### Pyspark Handling Missing Values
1) Dropping Columns
2) Dropping Rows
3) Various Parameter In Dropping functionalities
4) Handling Missing values by Mean, MEdian And Mode

In [1]:
from pyspark.sql import SparkSession

In [2]:
spark = SparkSession.builder.appName('Tutorial_3').getOrCreate()

In [3]:
spark

In [4]:
df_spark = spark.read.csv('DataSet2.csv', header=True, inferSchema=True)

In [5]:
df_spark.show()

+-------+----+----------+------+
|   Name| Age|Experience|Salary|
+-------+----+----------+------+
| Aayush|  24|         3| 25000|
| Tripti|  22|         1| 20000|
| Aditya|  25|         3| 30000|
| Shivam|  25|         1| 30000|
| Ashish|  25|         3| 28000|
| Naincy|  25|         2| 32000|
|Vaibhav|  26|         2| 35000|
| Preeti|  26|         5| 40000|
|Suruchi|  29|      NULL| 70000|
| Chirag|  26|         4| 90000|
| Anurag|NULL|        15|110000|
|   NULL|  34|      NULL|  NULL|
|   NULL|  36|      NULL|  NULL|
+-------+----+----------+------+



In [6]:
# drop columns
df_spark.drop('Salary').show()

+-------+----+----------+
|   Name| Age|Experience|
+-------+----+----------+
| Aayush|  24|         3|
| Tripti|  22|         1|
| Aditya|  25|         3|
| Shivam|  25|         1|
| Ashish|  25|         3|
| Naincy|  25|         2|
|Vaibhav|  26|         2|
| Preeti|  26|         5|
|Suruchi|  29|      NULL|
| Chirag|  26|         4|
| Anurag|NULL|        15|
|   NULL|  34|      NULL|
|   NULL|  36|      NULL|
+-------+----+----------+



In [9]:
# drop all rows wherever null is present
# df_spark.dropna().show()
df_spark.na.drop().show()

+-------+---+----------+------+
|   Name|Age|Experience|Salary|
+-------+---+----------+------+
| Aayush| 24|         3| 25000|
| Tripti| 22|         1| 20000|
| Aditya| 25|         3| 30000|
| Shivam| 25|         1| 30000|
| Ashish| 25|         3| 28000|
| Naincy| 25|         2| 32000|
|Vaibhav| 26|         2| 35000|
| Preeti| 26|         5| 40000|
| Chirag| 26|         4| 90000|
+-------+---+----------+------+



In [15]:
# drop takes params as how , thresh and how
df_spark.na.drop(how='any').show() # drop if any of row has null values.
# df_spark.na.drop(how='all').show() # wherever all values are null, it'll drop that row.

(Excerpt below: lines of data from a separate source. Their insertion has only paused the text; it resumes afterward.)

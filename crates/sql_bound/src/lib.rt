//! Statements with their names bound, the makers of their expressions, what an expression names,
//! and which condition may serve which table.
#![tactic(auto)]

mod columns;
mod expression;
mod key;
mod naming;
mod nodes;
mod placed;
mod placing;
mod serving;
mod statement;

pub use columns::{ColumnRef, TableColumn, bare_column, is_same_column, own_column, plain_column};
pub use expression::{BExpr, BExprs};
pub use key::{KeyExpr, Keys};
pub use naming::names_item;
pub use nodes::{all, any, cmp, collate, is_null, like, not, one_of, plus};
pub use placed::{no_bit_is_no_item, with_item};
pub use placing::place_list;
pub use serving::{first_at, may_derive, may_serve};
pub use statement::{
    BItem, BKey, Bound, Conjunct, MOST_CONJUNCTS, MOST_ITEMS, added_indexes_keep_fits,
    fitting_statements_are_plannable,
};
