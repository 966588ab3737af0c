//! Reads a dump, as the shell's `.dump` writes it (<https://sqlite.org/cli.html>), into a schema
//! and its rows.
#![tactic(auto)]

mod autoindexes;
mod creates;
mod dump;
mod entries;
mod inserts;
mod numbers;
mod row_maps;
mod state;

pub use dump::{Dump, ReadDumpFault, read_dump};
pub use schema_model::{Given, GivenList};
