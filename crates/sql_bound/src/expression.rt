//! Expressions whose names are bound to items of FROM and their columns.
//!
//! A bound expression borrows its texts from the statement's text and its parts from the arena, so
//! it is copied as a few words.
use sql_tree::{Lit, Op};
use sql_value::{Affinity, Collation, Conversions};

/// An expression of <https://sqlite.org/lang_expr.html> with its names bound. Items and columns are
/// numbered from 0. A flag is true for the form with NOT. A BETWEEN is the AND of its two
/// comparisons.
#[derive(Clone, Copy)]
#[cycle(bound_expression)]
pub enum BExpr<'a> {
    Lit(Lit<'a>),
    /// A parameter by its number, from 1 on.
    Param(u32),
    Column {
        item: u32,
        column: u32,
    },
    Rowid {
        item: u32,
    },
    Plus(&'a BExpr<'a>),
    Collate(&'a BExpr<'a>, Collation),
    /// A comparison, with what is applied to each side, and the collation of texts.
    Cmp {
        op: Op,
        left: &'a BExpr<'a>,
        right: &'a BExpr<'a>,
        conv: Conversions,
        coll: Collation,
    },
    /// IN a list. The conversion is applied to each entry and never to the left side.
    OneOf {
        not: bool,
        left: &'a BExpr<'a>,
        entries: BExprs<'a>,
        conv: Option<Affinity>,
        coll: Collation,
    },
    /// LIKE: the left side, then the pattern.
    Like(bool, &'a BExpr<'a>, &'a BExpr<'a>),
    IsNull(bool, &'a BExpr<'a>),
    Not(&'a BExpr<'a>),
    /// The AND of the members; true where there are none.
    All(BExprs<'a>),
    /// The OR of the members; false where there are none.
    Any(BExprs<'a>),
}

/// The members of a bound expression, in order.
///
/// The slice stands in a struct of its own because an enum may not hold a slice of references to
/// its own recursion.
#[derive(Clone, Copy)]
#[cycle(bound_expression)]
pub struct BExprs<'a> {
    pub members: &'a [&'a BExpr<'a>],
}
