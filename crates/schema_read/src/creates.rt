//! CREATE statements.
ghost use Rattle.std.specs.Prelude.{◌≡◌, false, IfOk, OnOk};
ghost use Rattle.schema_model.specs.Schemas.{IsTable};
ghost use Rattle.schema_text.specs.Cursor.{seen_named};
ghost use Rattle.schema_text.specs.Heads.{seen_index_head};
ghost use Rattle.schema_read.specs.States.{is_refused};
ghost use Rattle.schema_read.specs.Creates as meant;

use crate::autoindexes::{add_autoindexes, add_sound_index, index_columns};
use crate::state::{State, add_unread_name, has_room, is_refused, pass_statement};
use schema_model::{
    COLUMN_LIMIT, Columns, Found, Index, IndexColumns, add_table, find_table, name_taken,
};
use schema_text::{
    IndexHead, NameAndRest, TableText, cut_at_commas, find_entries, read_entries, read_table,
};
use sql_tokens::{Token, token_value};
use sql_value::{Bytes, Items, Memory, fold};
use std::alloc::Global;

/// Adds a table that is read, with the indexes of its keys. Its name is free.
fn keep_table(alloc: Global, state: &mut State, made: TableText) -> Result<(), Memory>
    requires { IsTable made.table }
    ensures { OnOk result (state.new ≡ meant.keep_table state.old made) }
{
    let folded = fold(alloc, made.table.name.as_slice())?;
    if !has_room(&state.schema) || name_taken(&state.schema, folded.as_slice()) {
        return Err(Memory);
    }
    let TableText { table, keys } = made;
    let number = state.schema.table_count();
    state.rows.add_table(alloc)?;
    add_table(alloc, &mut state.schema, table)?;
    add_autoindexes(alloc, &mut state.schema, number, keys.as_slice())
}

/// Adds a table under a name that isn't refused: one that is read, or its name alone.
fn create_named(
    alloc: Global,
    text: &[u8],
    state: &mut State,
    name: Bytes,
    named: NameAndRest,
) -> Result<(), Memory>
    requires { is_refused state.old.schema name ≡ false }
    ensures { OnOk result (state.new ≡ meant.create_named text.now state.old name
        (seen_named named.entry)) }
{
    match read_table(alloc, text, named)? {
        Some(made) => keep_table(alloc, state, made),
        None => add_unread_name(alloc, &mut state.schema, name),
    }
}

/// Does what CREATE TABLE says, from its name on.
pub(crate) fn apply_table(
    alloc: Global,
    text: &[u8],
    state: &mut State,
    named: NameAndRest,
) -> Result<(), Memory>
    ensures { OnOk result (state.new ≡ meant.apply_table text.now state.old
        (seen_named named.entry)) }
{
    let name = token_value(alloc, text, named.name)?;
    if is_refused(alloc, &state.schema, name.as_slice())? {
        return pass_statement(state);
    }
    create_named(alloc, text, state, name, named)
}

/// Does what CREATE VIEW or CREATE VIRTUAL TABLE says: its name is that of a table that isn't read.
pub(crate) fn apply_unread(
    alloc: Global,
    text: &[u8],
    state: &mut State,
    named: NameAndRest,
) -> Result<(), Memory>
    ensures { OnOk result (state.new ≡ meant.apply_unread text.now state.old
        (seen_named named.entry)) }
{
    let name = token_value(alloc, text, named.name)?;
    if is_refused(alloc, &state.schema, name.as_slice())? {
        return pass_statement(state);
    }
    add_unread_name(alloc, &mut state.schema, name)
}

/// The columns of an index: none where an entry is no column that is known.
fn listed_columns(
    alloc: Global,
    text: &[u8],
    columns: &Columns,
    list: &[Token],
) -> Result<Option<IndexColumns>, Memory>
    ensures { IfOk result (λ found. found ≡ meant.listed_columns text.now columns.now list.now) }
{
    if columns.as_slice().len() > COLUMN_LIMIT {
        return Err(Memory);
    }
    let parts = cut_at_commas(alloc, text, list)?;
    let Some(entries) = read_entries(alloc, text, false, parts.as_slice())? else {
        return Ok(None);
    };
    let Some(found) = find_entries(alloc, text, columns, entries.as_slice())? else {
        return Ok(None);
    };
    Ok(Some(index_columns(alloc, columns.as_slice(), found.as_slice())?))
}

/// The columns of an index that a plan may use: none where it lacks rows, or is on expressions.
fn usable_columns(
    alloc: Global,
    text: &[u8],
    columns: &Columns,
    head: IndexHead,
) -> Result<Option<IndexColumns>, Memory>
    ensures { IfOk result (λ found. found
        ≡ meant.usable_columns text.now columns.now (seen_index_head head.entry)) }
{
    if head.partial {
        return Ok(None);
    }
    listed_columns(alloc, text, columns, head.list)
}

fn index_made(
    alloc: Global,
    name: Bytes,
    table: u32,
    unique: bool,
    columns: Option<IndexColumns>,
) -> Index
    ensures { result ≡ meant.index_made name table unique columns }
{
    match columns {
        Some(columns) => Index {
            name,
            table,
            columns,
            unique,
            usable: true,
        },
        None => Index {
            name,
            table,
            columns: Items::new(alloc),
            unique,
            usable: false,
        },
    }
}

/// Adds an index to the table of a number.
fn keep_index(
    alloc: Global,
    text: &[u8],
    state: &mut State,
    number: u32,
    head: IndexHead,
) -> Result<(), Memory>
    ensures { OnOk result (state.new ≡ meant.keep_index text.now state.old number
        (seen_index_head head.entry)) }
{
    let name = token_value(alloc, text, head.name)?;
    if is_refused(alloc, &state.schema, name.as_slice())? {
        return pass_statement(state);
    }
    if number >= state.schema.table_count() {
        return Ok(());
    }
    let table = state.schema.table(number);
    let columns = usable_columns(alloc, text, &table.columns, head)?;
    let index = index_made(alloc, name, number, head.unique, columns);
    add_sound_index(alloc, &mut state.schema, index)
}

/// Does what CREATE INDEX says.
pub(crate) fn apply_index(
    alloc: Global,
    text: &[u8],
    state: &mut State,
    head: IndexHead,
) -> Result<(), Memory>
    ensures { OnOk result (state.new ≡ meant.apply_index text.now state.old
        (seen_index_head head.entry)) }
{
    let table = token_value(alloc, text, head.table)?;
    let folded = fold(alloc, table.as_slice())?;
    match find_table(&state.schema, folded.as_slice()) {
        Found::Read(number) => keep_index(alloc, text, state, number, head),
        _ => pass_statement(state),
    }
}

+-------+---+----------+------+
|   Name|Age|Experience|Salary|
+-------+---+----------+------+
| Aayush| 24|         3| 25000|
| Tripti| 22|         1| 20000|
| Aditya| 25|         3| 30000|
| Shivam| 25|         1| 30000|
| Ashish| 25|         3| 28000|
| Naincy| 25|         2| 32000|
|Vaibhav| 26|         2| 35000|
| Preeti| 26|         5| 40000|
| Chirag| 26|         4| 90000|
+-------+---+----------+------+



In [17]:
# Threshold
df_spark.na.drop(thresh=2).show() # drops where there is no atleast 2 non null values present

+-------+----+----------+------+
|   Name| Age|Experience|Salary|
+-------+----+----------+------+
| Aayush|  24|         3| 25000|
| Tripti|  22|         1| 20000|
| Aditya|  25|         3| 30000|
| Shivam|  25|         1| 30000|
| Ashish|  25|         3| 28000|
| Naincy|  25|         2| 32000|
|Vaibhav|  26|         2| 35000|
| Preeti|  26|         5| 40000|
|Suruchi|  29|      NULL| 70000|
| Chirag|  26|         4| 90000|
| Anurag|NULL|        15|110000|
+-------+----+----------+------+



In [20]:
# Subset
df_spark.na.drop(how='any', subset=['Experience', 'Age']).show()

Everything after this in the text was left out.